┌──
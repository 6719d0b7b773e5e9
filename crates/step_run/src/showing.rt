//! What is shown of a value that an exception took out of the script.

ghost use Rattle.std.specs.Prelude.{◌≡◌, ◌++◌, ◌<◌, ℕ, List, IfOk, codes, length, slice_get};
ghost use Rattle.std.specs.Option.{option_map};
ghost use Rattle.flow_text.specs.Utf8.{units_of};
ghost use Rattle.js_values.specs.Walks.{plain_chain, plain_find};
ghost use Rattle.es_meaning.specs.Start.{class_name, shown, shown_primitive, shown_name, shown_body, shown_found};
ghost use Rattle.flow_meaning.specs.Erased.{erased_heap, erased_slot};

use flow_text::{OutOfMemory, Text};
use js_number::{Primitive, number_to_text, to_text};
use js_values::{Body, Class, Key, ObjId, Slot, Value};
use object_heap::Heap;
use std::alloc::Global;

/// The type and the text of a primitive value; of an object its class, and its name where that is a text.
#[tactic(auto, unfolding(es_meaning::specs::Start::shown))]
pub fn shown_text<T: Copy>(
    alloc: Global,
    heap: &Heap<T>,
    value: &Value,
) -> Result<Text, OutOfMemory>
    ensures { IfOk result (λ t. t ≡ shown (erased_heap heap.now) value.now) }
{
    match value {
        Value::Primitive(p) => shown_primitive(alloc, p),
        Value::Object(o) => shown_object(alloc, heap, *o),
    }
}

#[tactic(auto, using(crate::proofs::Words::words))]
fn shown_primitive(alloc: Global, p: &Primitive) -> Result<Text, OutOfMemory>
    ensures { IfOk result (λ t. t ≡ shown_primitive p.now) }
{
    match p {
        Primitive::Undefined => Text::spelled(alloc, "undefined"),
        Primitive::Null => Text::spelled(alloc, "null"),
        Primitive::Bool(_) => behind(alloc, "boolean ", &to_text(alloc, p)?),
        Primitive::Num(n) => behind(alloc, "number ", &number_to_text(alloc, *n)?),
        Primitive::Str(text) => behind(alloc, "string ", &text.escaped(alloc)?),
    }
}

/// A word, and a text behind it.
fn behind(alloc: Global, word: &str, text: &Text) -> Result<Text, OutOfMemory>
    ensures { IfOk result (λ t. t ≡ units_of word.now ++ text.now) }
{
    let mut all = Text::spelled(alloc, word)?;
    all.push_units(text.units())?;
    Ok(all)
}

/// What is shown of an object.
fn shown_object<T: Copy>(alloc: Global, heap: &Heap<T>, o: ObjId) -> Result<Text, OutOfMemory>
    ensures { IfOk result (λ t. t ≡ shown (erased_heap heap.now) (Value.Object o)) }
{
    if o.0 < heap.len() {
        object_text(alloc, heap, o)
    } else {
        Text::spelled(alloc, "object ")
    }
}

/// The same, of one that stands in the heap.
fn object_text<T: Copy>(alloc: Global, heap: &Heap<T>, o: ObjId) -> Result<Text, OutOfMemory>
    requires { o.0 < length heap.now }
    ensures { IfOk result (λ t. t ≡ shown (erased_heap heap.now) (Value.Object o)) }
{
    let class = class_text(alloc, heap.shape(o).class)?;
    let name = name_text(alloc, heap, o)?;
    let mut all = behind(alloc, "object ", &class)?;
    all.push_units(name.units())?;
    Ok(all)
}

#[tactic(auto, using(crate::proofs::Words::words))]
fn class_text(alloc: Global, class: Class) -> Result<Text, OutOfMemory>
    ensures { IfOk result (λ t. t ≡ class_name class) }
{
    match class {
        Class::Object => Text::spelled(alloc, "Object"),
        Class::Function => Text::spelled(alloc, "Function"),
        Class::Array => Text::spelled(alloc, "Array"),
        Class::Arguments => Text::spelled(alloc, "Arguments"),
        Class::Error => Text::spelled(alloc, "Error"),
        Class::Math => Text::spelled(alloc, "Math"),
        Class::Json => Text::spelled(alloc, "JSON"),
        Class::String => Text::spelled(alloc, "String"),
        Class::Number => Text::spelled(alloc, "Number"),
        Class::Boolean => Text::spelled(alloc, "Boolean"),
    }
}

/// A space and the name of an object, which stands in it or in a prototype, where it is a text.
#[tactic(auto, using(crate::proofs::Words::words))]
fn name_text<T: Copy>(alloc: Global, heap: &Heap<T>, o: ObjId) -> Result<Text, OutOfMemory>
    requires { o.0 < length heap.now }
    ensures { IfOk result (λ t. t ≡ shown_found (plain_find (codes "name") (plain_chain (erased_heap heap.now) o.0))) }
{
    let name = Key::new(Text::spelled(alloc, "name")?);
    match found(heap, o, &name) {
        Some(slot) => body_text(alloc, &slot.body),
        None => Ok(Text::new(alloc)),
    }
}

#[tactic(auto, using(crate::proofs::Words::words))]
fn body_text(alloc: Global, body: &Body) -> Result<Text, OutOfMemory>
    ensures { IfOk result (λ t. t ≡ shown_body body.now) }
{
    match body {
        Body::Data(Value::Primitive(Primitive::Str(text))) => {
            behind(alloc, " ", &text.escaped(alloc)?)
        }
        _ => Ok(Text::new(alloc)),
    }
}

/// The property that a key names, in an object or in its prototypes.
fn found<'h, T: Copy>(heap: &'h Heap<T>, o: ObjId, key: &Key) -> Option<&'h Slot<T>>
    requires { o.0 < length heap.now }
    ensures { option_map (λ s. erased_slot s.now) result ≡ option_map (λ f. f.1) (plain_find key.now (plain_chain (erased_heap heap.entry.now) o.0)) }
{
    // Its clause says that each prototype's number is below its object's, so that the walk ends.
    let count = heap.len();
    prove!(o.0 < count);
    let mut at = o;
    'along: loop {
        if let Some(slot) = heap.own(at, key) {
            return Some(slot);
        }
        match heap.shape(at).proto {
            Some(proto) => at = proto,
            None => return None,
        }
    }
}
└──
[What is required]: The answer must be the full listing, repeated word for word.

[Result for this task]:
repository 6719d0b7b773e5e9
filename crates/step_run/src/showing.rt
//! What is shown of a value that an exception took out of the script.

ghost use Rattle.std.specs.Prelude.{◌≡◌, ◌++◌, ◌<◌, ℕ, List, IfOk, codes, length, slice_get};
ghost use Rattle.std.specs.Option.{option_map};
ghost use Rattle.flow_text.specs.Utf8.{units_of};
ghost use Rattle.js_values.specs.Walks.{plain_chain, plain_find};
ghost use Rattle.es_meaning.specs.Start.{class_name, shown, shown_primitive, shown_name, shown_body, shown_found};
ghost use Rattle.flow_meaning.specs.Erased.{erased_heap, erased_slot};

use flow_text::{OutOfMemory, Text};
use js_number::{Primitive, number_to_text, to_text};
use js_values::{Body, Class, Key, ObjId, Slot, Value};
use object_heap::Heap;
use std::alloc::Global;

/// The type and the text of a primitive value; of an object its class, and its name where that is a text.
#[tactic(auto, unfolding(es_meaning::specs::Start::shown))]
pub fn shown_text<T: Copy>(
    alloc: Global,
    heap: &Heap<T>,
    value: &Value,
) -> Result<Text, OutOfMemory>
    ensures { IfOk result (λ t. t ≡ shown (erased_heap heap.now) value.now) }
{
    match value {
        Value::Primitive(p) => shown_primitive(alloc, p),
        Value::Object(o) => shown_object(alloc, heap, *o),
    }
}

#[tactic(auto, using(crate::proofs::Words::words))]
fn shown_primitive(alloc: Global, p: &Primitive) -> Result<Text, OutOfMemory>
    ensures { IfOk result (λ t. t ≡ shown_primitive p.now) }
{
    match p {
        Primitive::Undefined => Text::spelled(alloc, "undefined"),
        Primitive::Null => Text::spelled(alloc, "null"),
        Primitive::Bool(_) => behind(alloc, "boolean ", &to_text(alloc, p)?),
        Primitive::Num(n) => behind(alloc, "number ", &number_to_text(alloc, *n)?),
        Primitive::Str(text) => behind(alloc, "string ", &text.escaped(alloc)?),
    }
}

/// A word, and a text behind it.
fn behind(alloc: Global, word: &str, text: &Text) -> Result<Text, OutOfMemory>
    ensures { IfOk result (λ t. t ≡ units_of word.now ++ text.now) }
{
    let mut all = Text::spelled(alloc, word)?;
    all.push_units(text.units())?;
    Ok(all)
}

/// What is shown of an object.
fn shown_object<T: Copy>(alloc: Global, heap: &Heap<T>, o: ObjId) -> Result<Text, OutOfMemory>
    ensures { IfOk result (λ t. t ≡ shown (erased_heap heap.now) (Value.Object o)) }
{
    if o.0 < heap.len() {
        object_text(alloc, heap, o)
    } else {
        Text::spelled(alloc, "object ")
    }
}

/// The same, of one that stands in the heap.
fn object_text<T: Copy>(alloc: Global, heap: &Heap<T>, o: ObjId) -> Result<Text, OutOfMemory>
    requires { o.0 < length heap.now }
    ensures { IfOk result (λ t. t ≡ shown (erased_heap heap.now) (Value.Object o)) }
{
    let class = class_text(alloc, heap.shape(o).class)?;
    let name = name_text(alloc, heap, o)?;
    let mut all = behind(alloc, "object ", &class)?;
    all.push_units(name.units())?;
    Ok(all)
}

#[tactic(auto, using(crate::proofs::Words::words))]
fn class_text(alloc: Global, class: Class) -> Result<Text, OutOfMemory>
    ensures { IfOk result (λ t. t ≡ class_name class) }
{
    match class {
        Class::Object => Text::spelled(alloc, "Object"),
        Class::Function => Text::spelled(alloc, "Function"),
        Class::Array => Text::spelled(alloc, "Array"),
        Class::Arguments => Text::spelled(alloc, "Arguments"),
        Class::Error => Text::spelled(alloc, "Error"),
        Class::Math => Text::spelled(alloc, "Math"),
        Class::Json => Text::spelled(alloc, "JSON"),
        Class::String => Text::spelled(alloc, "String"),
        Class::Number => Text::spelled(alloc, "Number"),
        Class::Boolean => Text::spelled(alloc, "Boolean"),
    }
}

/// A space and the name of an object, which stands in it or in a prototype, where it is a text.
#[tactic(auto, using(crate::proofs::Words::words))]
fn name_text<T: Copy>(alloc: Global, heap: &Heap<T>, o: ObjId) -> Result<Text, OutOfMemory>
    requires { o.0 < length heap.now }
    ensures { IfOk result (λ t. t ≡ shown_found (plain_find (codes "name") (plain_chain (erased_heap heap.now) o.0))) }
{
    let name = Key::new(Text::spelled(alloc, "name")?);
    match found(heap, o, &name) {
        Some(slot) => body_text(alloc, &slot.body),
        None => Ok(Text::new(alloc)),
    }
}

#[tactic(auto, using(crate::proofs::Words::words))]
fn body_text(alloc: Global, body: &Body) -> Result<Text, OutOfMemory>
    ensures { IfOk result (λ t. t ≡ shown_body body.now) }
{
    match body {
        Body::Data(Value::Primitive(Primitive::Str(text))) => {
            behind(alloc, " ", &text.escaped(alloc)?)
        }
        _ => Ok(Text::new(alloc)),
    }
}

/// The property that a key names, in an object or in its prototypes.
fn found<'h, T: Copy>(heap: &'h Heap<T>, o: ObjId, key: &Key) -> Option<&'h Slot<T>>
    requires { o.0 < length heap.now }
    ensures { option_map (λ s. erased_slot s.now) result ≡ option_map (λ f. f.1) (plain_find key.now (plain_chain (erased_heap heap.entry.now) o.0)) }
{
    // Its clause says that each prototype's number is below its object's, so that the walk ends.
    let count = heap.len();
    prove!(o.0 < count);
    let mut at = o;
    'along: loop {
        if let Some(slot) = heap.own(at, key) {
            return Some(slot);
        }
        match heap.shape(at).proto {
            Some(proto) => at = proto,
            None => return None,
        }
    }
}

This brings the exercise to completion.